If you are going to be sitting there entertaining the kids, when are you going to get sleep so that you are alert when it's your turn to drive? Your schedule seems way too tight to me.


----------



## Jenni1894 (Apr 1, 2011)

My favorite thing was taking a small cookie sheet (or buying one!) It made a great surface for coloring! Plus we had to make quite a few bathroom breaks. DS got to pick a magnet from each state (we drove from IL to key West, FL, plus made stops at Panama City Beach and Disney then back).

And he loved those magic pen marker sets. He was 3 (and I was prg. w/ODD).

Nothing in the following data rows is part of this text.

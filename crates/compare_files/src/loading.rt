//! Reads and parses what the words ask for.

ghost use Rattle.std.specs.Prelude.{◌≡◌, ◌≢◌, ◌≤◌, Ok, Err, None, IfOk, IfErr, IfSome, length, map, string_bytes};
ghost use Rattle.compare_files.specs.Due as due;
ghost use Rattle.compare_files.specs.Loading.{AreBeside, AreBuilt, LoadsSo, WorksBy, in_order};
ghost use Rattle.compare_words.specs.Words.{asked_of, asks as asking, parts_as};
ghost use Rattle.mw_load.specs.Loading.{StopsAt};
ghost use Rattle.mw_outside.specs.Contents.{TellsOnly};
ghost use Rattle.mw_outside.specs.Faults.{Rose};
ghost use Rattle.paired_nets.specs.Refusals.{pair_refusal as refusal_of};
ghost use Rattle.run_inputs.specs.Due.{refused};
ghost use Rattle.run_inputs.specs.Loading.{IsBudget, OnStop, UnlessReadFault};
ghost use Rattle.run_inputs.specs.Texts as lines;
ghost use Rattle.same_asks.specs.Asking.{AreKnown};

use crate::cause::{cause_number, cause_words};
use asked_files::{load_network, stop_at};
use compare_words::words::Parts;
use compare_words::{Asked, read_asked_words};
use ios_policy_reader::{Cause, Refused};
use mw_outside::Files;
use mw_text::List;
use net_model::Net;
use paired_nets::{PairRefused, pair_refusal};
use run_inputs::Stop;
use run_inputs::load::{MOST_BYTES, read_text, stop_with};
use run_inputs::text::{Text, refusal};
use same_asks::{MOST_ASKS, Same, read_same};
use std::alloc::Global;
use tracked_alike::track_both;

/// Two networks that track the same values, asks over both, and how many clauses a search may learn for each.
#[derive(Drop)]
pub struct Loaded {
    pub left: Net,
    pub right: Net,
    pub asks: List<Same>,
    pub budget: u64,
}

// Two networks as they are built.
#[derive(Drop)]
struct Pair {
    left: Net,
    right: Net,
}

// ---- the networks

// The left network, and then the right one.
fn load_both<F: Files>(alloc: Global, files: &mut F, parts: &Parts) -> Result<Pair, Stop>
    ensures kept { F.contents files.new ≡ F.contents files.old }
    ensures ok { IfOk result (λ pair. AreBuilt (F.contents files.old) (parts_as parts.now) pair.left pair.right) }
    ensures quiet { UnlessReadFault result (F.faults files.new ≡ F.faults files.old) }
    ensures name_stays { UnlessReadFault result (F.last_failed files.new ≡ F.last_failed files.old) }
    ensures stop { IfErr result (λ stop. OnStop stop
        (λ line. IfSome (F.contents files.old) (λ contents.
        due.pair_in contents (parts_as parts.now) ≡ Err (refused line)))
        (Rose (F.faults files.old) (F.faults files.new)
        × StopsAt (F.contents files.old) (due.configs_of (parts_as parts.now)) (F.last_failed files.new))) }
{
    let left = load_network(alloc, files, parts.left.as_slice())?;
    let right = load_network(alloc, files, parts.right.as_slice())?;
    Ok(Pair { left, right })
}

// The line of a pair that is refused, the right one of the files of these names.
fn stop_at_pair(alloc: Global, names: &[String], why: PairRefused) -> Stop
    ensures { OnStop result (λ line. line ≡ due.pair_line (map string_bytes names.now) why) ⊥ }
{
    let number = cause_number(why.cause);
    stop_at(
        alloc,
        names,
        why.file,
        why.line,
        number,
        cause_words(why.cause),
    )
}

// Nothing, where the networks are compared.
fn compared(alloc: Global, left: &Net, right: &Net, names: &[String]) -> Result<(), Stop>
    ensures ok { IfOk result (λ _. refusal_of left.now right.now ≡ None) }
    ensures stop { IfErr result (λ stop. OnStop stop
        (λ line. due.pair_of (map string_bytes names.now) left.now right.now ≡ Err (refused line)) ⊥) }
{
    match pair_refusal(alloc, left, right) {
        Ok(None) => Ok(()),
        Ok(Some(why)) => Err(stop_at_pair(alloc, names, why)),
        Err(_) => Err(Stop::Memory),
    }
}

// ---- the asks

// The refusal of the asks file.
fn stop_at_ask(alloc: Global, name: &[u8], refused: &Refused) -> Stop
    ensures { OnStop result (λ line. (refused.now.cause ≢ Cause.Memory) × (line ≡ lines.refusal name.now refused.now)) ⊥ }
{
    match refused.cause {
        Cause::Memory => Stop::Memory,
        _ => stop_with(refusal(alloc, name, refused)),
    }
}

// The asks of the text over both networks.
fn parse_asks(alloc: Global, text: &Text, left: &Net, right: &Net) -> Result<List<Same>, Stop>
    requires { length text.now.bytes ≤ MOST_BYTES }
    ensures ok { IfOk result (λ asks. due.asks_of text.now left.now.files right.now.files ≡ Ok asks) }
    ensures known { IfOk result (AreKnown left.now.files right.now.files) }
    ensures few { IfOk result (λ asks. length asks ≤ MOST_ASKS) }
    ensures stop { IfErr result (λ stop. OnStop stop
        (λ line. due.asks_of text.now left.now.files right.now.files ≡ Err (refused line)) ⊥) }
{
    match read_same(alloc, text.bytes.as_slice(), left, right) {
        Ok(asks) => Ok(asks),
        Err(refused) => Err(stop_at_ask(alloc, text.name.as_slice(), &refused)),
    }
}

// The asks of the file of that name over both networks.
fn load_asks<F: Files>(
    alloc: Global,
    files: &mut F,
    name: &str,
    left: &Net,
    right: &Net,
) -> Result<List<Same>, Stop>
    ensures kept { F.contents files.new ≡ F.contents files.old }
    ensures ok { IfOk result (λ asks. IfSome (F.contents files.old) (λ contents.
        due.asks_in contents name.now left.now.files right.now.files ≡ Ok asks)) }
    ensures known { IfOk result (AreKnown left.now.files right.now.files) }
    ensures few { IfOk result (λ asks. length asks ≤ MOST_ASKS) }
    ensures quiet { UnlessReadFault result (F.faults files.new ≡ F.faults files.old) }
    ensures name_stays { UnlessReadFault result (F.last_failed files.new ≡ F.last_failed files.old) }
    ensures stop { IfErr result (λ stop. OnStop stop
        (λ line. IfSome (F.contents files.old) (λ contents.
        due.asks_in contents name.now left.now.files right.now.files ≡ Err (refused line)))
        (Rose (F.faults files.old) (F.faults files.new) × TellsOnly name.now (F.last_failed files.new))) }
{
    let text = read_text(alloc, files, name, MOST_BYTES)?;
    parse_asks(alloc, &text, left, right)
}

// ---- all of it

// The asks over both networks, where these are compared. Both track the same values then.
fn asks_over<F: Files>(
    alloc: Global,
    files: &mut F,
    asked: &Asked,
    left: &mut Net,
    right: &mut Net,
) -> Result<List<Same>, Stop>
    requires { AreBuilt (F.contents files.old) (parts_as asked.now.parts) left.old right.old }
    ensures kept { F.contents files.new ≡ F.contents files.old }
    ensures ok { IfOk result (λ asks. due.ComesTo (F.contents files.old) (asking asked.now)
        (Ok (left.new.files, right.new.files, asks))) }
    ensures beside { IfOk result (AreBeside left.new right.new) }
    ensures quiet { UnlessReadFault result (F.faults files.new ≡ F.faults files.old) }
    ensures name_stays { UnlessReadFault result (F.last_failed files.new ≡ F.last_failed files.old) }
    ensures stop { IfErr result (λ stop. OnStop stop
        (λ line. due.ComesTo (F.contents files.old) (asking asked.now) (Err (refused line)))
        (Rose (F.faults files.old) (F.faults files.new)
        × StopsAt (F.contents files.old) (in_order (asking asked.now)) (F.last_failed files.new))) }
{
    compared(alloc, left, right, asked.parts.right.as_slice())?;
    let asks = load_asks(alloc, files, asked.asks.as_str(), left, right)?;
    track_both(alloc, left, right)?;
    Ok(asks)
}

// Both networks and the asks over them.
fn load_asked<F: Files>(alloc: Global, files: &mut F, asked: &Asked) -> Result<Loaded, Stop>
    ensures kept { F.contents files.new ≡ F.contents files.old }
    ensures ok { IfOk result (λ loaded. due.ComesTo (F.contents files.old) (asking asked.now)
        (Ok (loaded.left.files, loaded.right.files, loaded.asks))) }
    ensures beside { IfOk result (λ loaded. AreBeside loaded.left loaded.right loaded.asks) }
    ensures budget { IfOk result (λ loaded. loaded.budget ≡ asked.now.budget) }
    ensures quiet { UnlessReadFault result (F.faults files.new ≡ F.faults files.old) }
    ensures name_stays { UnlessReadFault result (F.last_failed files.new ≡ F.last_failed files.old) }
    ensures stop { IfErr result (λ stop. OnStop stop
        (λ line. due.ComesTo (F.contents files.old) (asking asked.now) (Err (refused line)))
        (Rose (F.faults files.old) (F.faults files.new)
        × StopsAt (F.contents files.old) (in_order (asking asked.now)) (F.last_failed files.new))) }
{
    let mut pair = load_both(alloc, files, &asked.parts)?;
    let asks = asks_over(alloc, files, asked, &mut pair.left, &mut pair.right)?;
    Ok(Loaded {
        left: pair.left,
        right: pair.right,
        asks,
        budget: asked.budget,
    })
}

// What is asked for, read and parsed.
fn asked_work<F: Files>(alloc: Global, files: &mut F, asked: &Asked) -> Result<Loaded, Stop>
    requires { IsBudget asked.now.budget }
    ensures kept { F.contents files.new ≡ F.contents files.old }
    ensures so { LoadsSo (F.contents files.old) (asking asked.now) (record {
      faults = F.faults files.old;
      faults_now = F.faults files.new;
      last = F.last_failed files.old;
      last_now = F.last_failed files.new;
    }) result }
{
    load_asked(alloc, files, asked)
}

/// What the words ask for, read and parsed: the left network is read, parsed and built, and then the right one; a pair that
/// is not compared is refused; then the asks over both are read and parsed, and both networks track the same values. None
/// where the words are not the command.
///
/// # Errors
/// The line of the first refusal, in that order; a read of one of the files that failed; want of memory.
pub fn work_of<F: Files>(
    alloc: Global,
    files: &mut F,
    words: &[String],
) -> Result<Option<Loaded>, Stop>
    ensures kept { F.contents files.new ≡ F.contents files.old }
    ensures so { WorksBy (F.contents files.old) (asked_of (map string_bytes words.now)) (record {
      faults = F.faults files.old;
      faults_now = F.faults files.new;
      last = F.last_failed files.old;
      last_now = F.last_failed files.new;
    }) result }
{
    let asked = match read_asked_words(alloc, words) {
        Ok(Some(asked)) => asked,
        Ok(None) => return Ok(None),
        Err(_) => return Err(Stop::Memory),
    };
    match asked_work(alloc, files, &asked) {
        Ok(loaded) => Ok(Some(loaded)),
        Err(stop) => Err(stop),
    }
}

I also bought a few small $$ store items (cards, squishy things, stationary sets...etc) and wrapped them and he would get one (a new toy) every so often.

And everytime we stopped, I let him out and run wild. We played lots of games of tag!


----------



## columbusmomma (Oct 31, 2006)

subbing, lots of long road trips and vaca coming!


----------



## waiting2bemommy (Dec 2, 2007)

well, we are on the road. We skipped Bible study....we decided the idea of dressing up and then changing afterwards with two cranky tired kids seemed like a bad start to the trip. So we're on the road now. I have my fingers crossed that the kids sleep so that whoever isn't driving can also sleep. I will update, hopefully not with my foot in my mouth about our road trip ambitions, lol. So far transformers and the magnadoodle are doing the trick.


----------



## jenniferlynne (Jun 17, 2006)

Hope your trip is going well!

You've gotten a lot of great suggestions here. I second the suggestion of audiobooks. We do that all the time, and my kids love it, especially if they can have their own headsets. Sometimes we all listen together, but other times they either take turns or we use one of those splitters that allows you to plug two sets of headphones into one iPod. That way I don't have to listen to Charlotte's Web for the 900th time! 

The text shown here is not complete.